Ja en nee. Op grond van het verblijvingsbeding uit de samenlevingsovereenkomst kan zij inderdaad de woning als gemeenschappelijk bezit claimen. Zij kan op grond van het gezamenlijk bezit van de woning deze als de hare claimen. De erfgenamen van uw broer moeten daar wel aan meewerken. Waar zij echter aan voorbij gaat is het feit dat uw broer eigen geld in de woning heeft gestoken. Sinds 2012 is er de zogeheten beleggingsleer voor de waardeontwikkeling in de woning.

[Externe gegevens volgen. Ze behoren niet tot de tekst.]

//! The verdicts over kernels as a matrix, for the formats that people look at.

use crate::session::{Judgement, KernelAnswer, Session};
use crate::verdict::Fate;
use crate::verdict::findings::{Finding, FindingKey, Severity, SourceLocation};
use cli_common::source_lines::SourceLine;
use cli_pages::matrix::{CellVerdict, Matrix, MatrixKernel, Reason, ReasonLine, ReasonLocation};
use ebpf_base::Text;
use std::alloc::{AllocError, Global};

/// The verdict that a fate is.
fn verdict_of(fate: Fate) -> CellVerdict {
    match fate {
        Fate::Runs => CellVerdict::Runs,
        Fate::NoTarget => CellVerdict::NoTarget,
        Fate::Breaks => CellVerdict::Breaks,
    }
}

/// The verdicts that fates are.
fn verdicts_of(alloc: Global, fates: &[Fate]) -> Result<Vec<CellVerdict>, AllocError> {
    let mut verdicts = Vec::with_capacity(alloc, fates.len())?;
    for fate in fates {
        verdicts.push(verdict_of(*fate))?;
    }
    Ok(verdicts)
}

/// A kernel with its verdicts.
fn kernel_of(alloc: Global, kernel: &KernelAnswer) -> Result<MatrixKernel<'_>, AllocError> {
    let name = kernel.name.as_str();
    match &kernel.answer {
        Judgement::Judged(fates) => Ok(MatrixKernel {
            name,
            fault: None,
            verdicts: verdicts_of(alloc, fates)?,
        }),
        Judgement::Unread(refusal) => Ok(MatrixKernel {
            name,
            fault: Some(refusal.text.as_str()),
            verdicts: Vec::new(alloc),
        }),
    }
}

/// A function with a slot in it, where there is one.
fn within_of(within: &Option<(Text, usize)>) -> Option<(&str, usize)> {
    match within {
        Some((name, slot)) => Some((name.as_str(), *slot)),
        None => None,
    }
}

/// A source line, as pages and reports show it.
fn line_of(line: &SourceLine) -> ReasonLine<'_> {
    ReasonLine {
        file: line.file.as_str(),
        number: line.number,
        text: line.text.as_str(),
    }
}

/// A location, as pages and reports show it.
fn location_of(location: &SourceLocation) -> ReasonLocation<'_> {
    ReasonLocation {
        program: location.program,
        slot: location.slot,
        instruction: match &location.instruction {
            Some(text) => Some(text.as_str()),
            None => None,
        },
        within: within_of(&location.within),
        line: match &location.line {
            Some(line) => Some(line_of(line)),
            None => None,
        },
        kernels: &location.kernels,
    }
}

/// The locations of a finding.
fn locations_of(alloc: Global, found: &Finding) -> Result<Vec<ReasonLocation<'_>>, AllocError> {
    let mut locations = Vec::with_capacity(alloc, found.places.len())?;
    for location in found.places.values() {
        locations.push(location_of(location))?;
    }
    Ok(locations)
}

/// The words for the kinds of a finding.
fn kinds_of(alloc: Global, found: &Finding) -> Result<Vec<&'static str>, AllocError> {
    let mut words = Vec::with_capacity(alloc, found.kinds.len())?;
    for kind in found.kinds.iter() {
        words.push(kind.word())?;
    }
    Ok(words)
}

/// The reason that a finding is.
fn reason_of<'a>(
    alloc: Global,
    key: &'a FindingKey,
    found: &'a Finding,
) -> Result<Reason<'a>, AllocError> {
    let kinds = kinds_of(alloc, found)?;
    let locations = locations_of(alloc, found)?;
    Ok(Reason {
        breaks: key.severity == Severity::Breaks,
        subject: key.name.as_str(),
        kinds,
        outcome: key.reason.as_str(),
        kernels: &found.kernels,
        locations,
    })
}

/// The reasons for which programs break or have no target.
fn reasons_of(alloc: Global, session: &Session) -> Result<Vec<Reason<'_>>, AllocError> {
    let mut reasons = Vec::new(alloc);
    for (key, found) in session.findings.by_key.iter() {
        if !matches!(key.severity, Severity::Breaks | Severity::NoTarget) {
            continue;
        }
        reasons.push(reason_of(alloc, key, found)?)?;
    }
    Ok(reasons)
}

/// The names of the programs that count.
fn names_of(alloc: Global, session: &Session) -> Result<Vec<&str>, AllocError> {
    let programs = &session.loaded.needs.programs;
    let mut names = Vec::with_capacity(alloc, programs.len())?;
    for program in programs.iter() {
        names.push(program.name.as_str())?;
    }
    Ok(names)
}

/// The kernels with their verdicts.
fn kernels_of(alloc: Global, session: &Session) -> Result<Vec<MatrixKernel<'_>>, AllocError> {
    let mut kernels = Vec::with_capacity(alloc, session.kernels.len())?;
    for kernel in session.kernels.iter() {
        kernels.push(kernel_of(alloc, kernel)?)?;
    }
    Ok(kernels)
}

/// The verdicts of all kernels, with the reasons.
pub fn matrix_of<'a>(
    alloc: Global,
    version: &'static str,
    session: &'a Session,
) -> Result<Matrix<'a>, AllocError> {
    let programs = names_of(alloc, session)?;
    let kernels = kernels_of(alloc, session)?;
    let reasons = reasons_of(alloc, session)?;
    Ok(Matrix {
        version,
        file: session.file.as_str(),
        programs,
        kernels,
        reasons,
    })
}
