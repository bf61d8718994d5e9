//! An object over kernels, one after the other.

ghost use Rattle.std.specs.Prelude.{◌≡◌};
ghost use Rattle.cli_check.specs.Statuses.{status_of};

use crate::verdict::findings::{Findings, Severity};
use crate::verdict::loaded::Loaded;
use crate::verdict::{Fate, judge_kernel};
use cli_common::refusal::FileRefusal;
use cli_output::palette::Palette;
use ebpf_base::Text;
use ebpf_btf::Btf;
use std::alloc::{AllocError, Global};

/// The verdict on a kernel.
#[derive(Drop)]
pub enum Judgement {
    /// The fate on the kernel of each program that counts.
    Judged(Vec<Fate>),
    /// The reason why the kernel's types can't be read.
    Unread(FileRefusal),
}

/// A kernel with its verdict.
#[derive(Drop)]
pub struct KernelAnswer {
    /// The name.
    pub name: Text,
    /// The verdict.
    pub answer: Judgement,
}

/// An object over the kernels so far.
#[derive(Drop)]
pub struct Session {
    /// The name of the object's file.
    pub file: Text,
    /// The colours of the text.
    pub palette: Palette,
    /// Whether every kernel is named.
    pub all: bool,
    /// Whether a program without a target makes the status 1.
    strict: bool,
    /// The object.
    pub loaded: Loaded,
    /// The kernels so far.
    pub kernels: Vec<KernelAnswer>,
    /// The findings over the kernels.
    pub findings: Findings,
}

/// The exit status by the number of kernels whose types can't be read, and of those on which some program breaks.
fn status_of(unread: usize, broken: usize) -> u8
    ensures { result ≡ status_of unread broken }
{
    if unread > 0 {
        return 2;
    }
    if broken > 0 { 1 } else { 0 }
}

impl KernelAnswer {
    /// The number of programs with a fate; 0 where the kernel's types can't be read.
    fn with_fate(&self, fate: Fate) -> usize {
        match &self.answer {
            Judgement::Judged(fates) => fates.iter().filter(|found| **found == fate).count(),
            Judgement::Unread(_) => 0,
        }
    }

    /// The number of programs that break; 0 where the kernel's types can't be read.
    pub fn breaking(&self) -> usize {
        self.with_fate(Fate::Breaks)
    }

    /// The number of programs without a target that have no other reason to break.
    pub fn untargeted(&self) -> usize {
        self.with_fate(Fate::NoTarget)
    }

    /// Whether the kernel's types were read.
    pub fn is_judged(&self) -> bool {
        matches!(self.answer, Judgement::Judged(_))
    }

    /// Whether the program of a number has a fate on the kernel.
    pub fn has_fate(&self, program: usize, fate: Fate) -> bool {
        match &self.answer {
            Judgement::Judged(fates) => fates.get(program).copied() == Some(fate),
            Judgement::Unread(_) => false,
        }
    }
}

impl Session {
    /// An object, over no kernel yet.
    pub fn new(
        alloc: Global,
        file: Text,
        loaded: Loaded,
        palette: Palette,
        all: bool,
        strict: bool,
    ) -> Session {
        Session {
            file,
            palette,
            all,
            strict,
            loaded,
            kernels: Vec::new(alloc),
            findings: Findings::new(alloc),
        }
    }

    /// Judges the programs over a kernel's types.
    pub fn judge(&mut self, alloc: Global, name: Text, kernel: &Btf) -> Result<(), AllocError> {
        let number = self.kernels.len();
        let programs = judge_kernel(alloc, &mut self.findings, &self.loaded, kernel, number)?;
        self.kernels.push(KernelAnswer {
            name,
            answer: Judgement::Judged(programs),
        })?;
        Ok(())
    }

    /// Adds a kernel whose types can't be read.
    pub fn note_unread(&mut self, name: Text, refusal: FileRefusal) -> Result<(), AllocError> {
        self.kernels.push(KernelAnswer {
            name,
            answer: Judgement::Unread(refusal),
        })?;
        Ok(())
    }

    /// The number of kernels whose types were read.
    pub fn judged(&self) -> usize {
        self.kernels
            .iter()
            .filter(|kernel| kernel.is_judged())
            .count()
    }

    /// The number of kernels whose types can't be read.
    pub fn unread(&self) -> usize {
        self.kernels.len().saturating_sub(self.judged())
    }

    /// The number of kernels on which some program breaks.
    pub fn broken(&self) -> usize {
        self.kernels
            .iter()
            .filter(|kernel| kernel.breaking() > 0)
            .count()
    }

    /// The number of kernels on which some program has no target.
    fn lacking_targets(&self) -> usize {
        self.kernels
            .iter()
            .filter(|kernel| kernel.untargeted() > 0)
            .count()
    }

    /// Whether the program of a number has a fate on some kernel.
    fn has_fate_somewhere(&self, program: usize, fate: Fate) -> bool {
        self.kernels
            .iter()
            .any(|kernel| kernel.has_fate(program, fate))
    }

    /// The number of programs that have a fate on some kernel.
    pub fn programs_with(&self, fate: Fate) -> usize {
        let count = self.loaded.needs.programs.len();
        (0..count)
            .filter(|program| self.has_fate_somewhere(*program, fate))
            .count()
    }

    /// The number of kernels on which some program fails: breaks or, where that counts, has no target.
    fn failing(&self) -> usize {
        if self.strict {
            self.broken().saturating_add(self.lacking_targets())
        } else {
            self.broken()
        }
    }

    /// The exit status: 2 where the types of a kernel can't be read, else 1 where some program fails on some kernel, else 0.
    pub fn status(&self) -> u8 {
        status_of(self.unread(), self.failing())
    }

    /// Whether there is a finding of a severity.
    pub fn has(&self, severity: Severity) -> bool {
        self.findings
            .by_key
            .keys()
            .any(|key| key.severity == severity)
    }
}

Dit betekent dat de waardeontwikkeling voor een gelijk deel (positief én negatief) aan de persoon toekomt die een bedrag heeft ingebracht. In het geval van uw broer is de woning in waarde verdubbeld. De inleg in van uw broer is daarmee ook dubbel zoveel waard, namelijk €200.000. Als erfgenamen hebt u een vergoedingsvordering op de weduwe. Formeel niet voor de woning, maar wel voor de waardeontwikkeling van het door uw broer ingebrachte geld. De erfgenamen van uw broer hebben dus recht op €100.000. Omdat uw broer geen testament had zijn dat in eerste instantie zijn ouders, broers en zusters. De partner van uw broer mag de woning op eigen naam krijgen, maar de meerwaarde van de geïnvesteerde €100.000 behoort daar niet toe en moet zij aan de erven van haar partner uitkeren.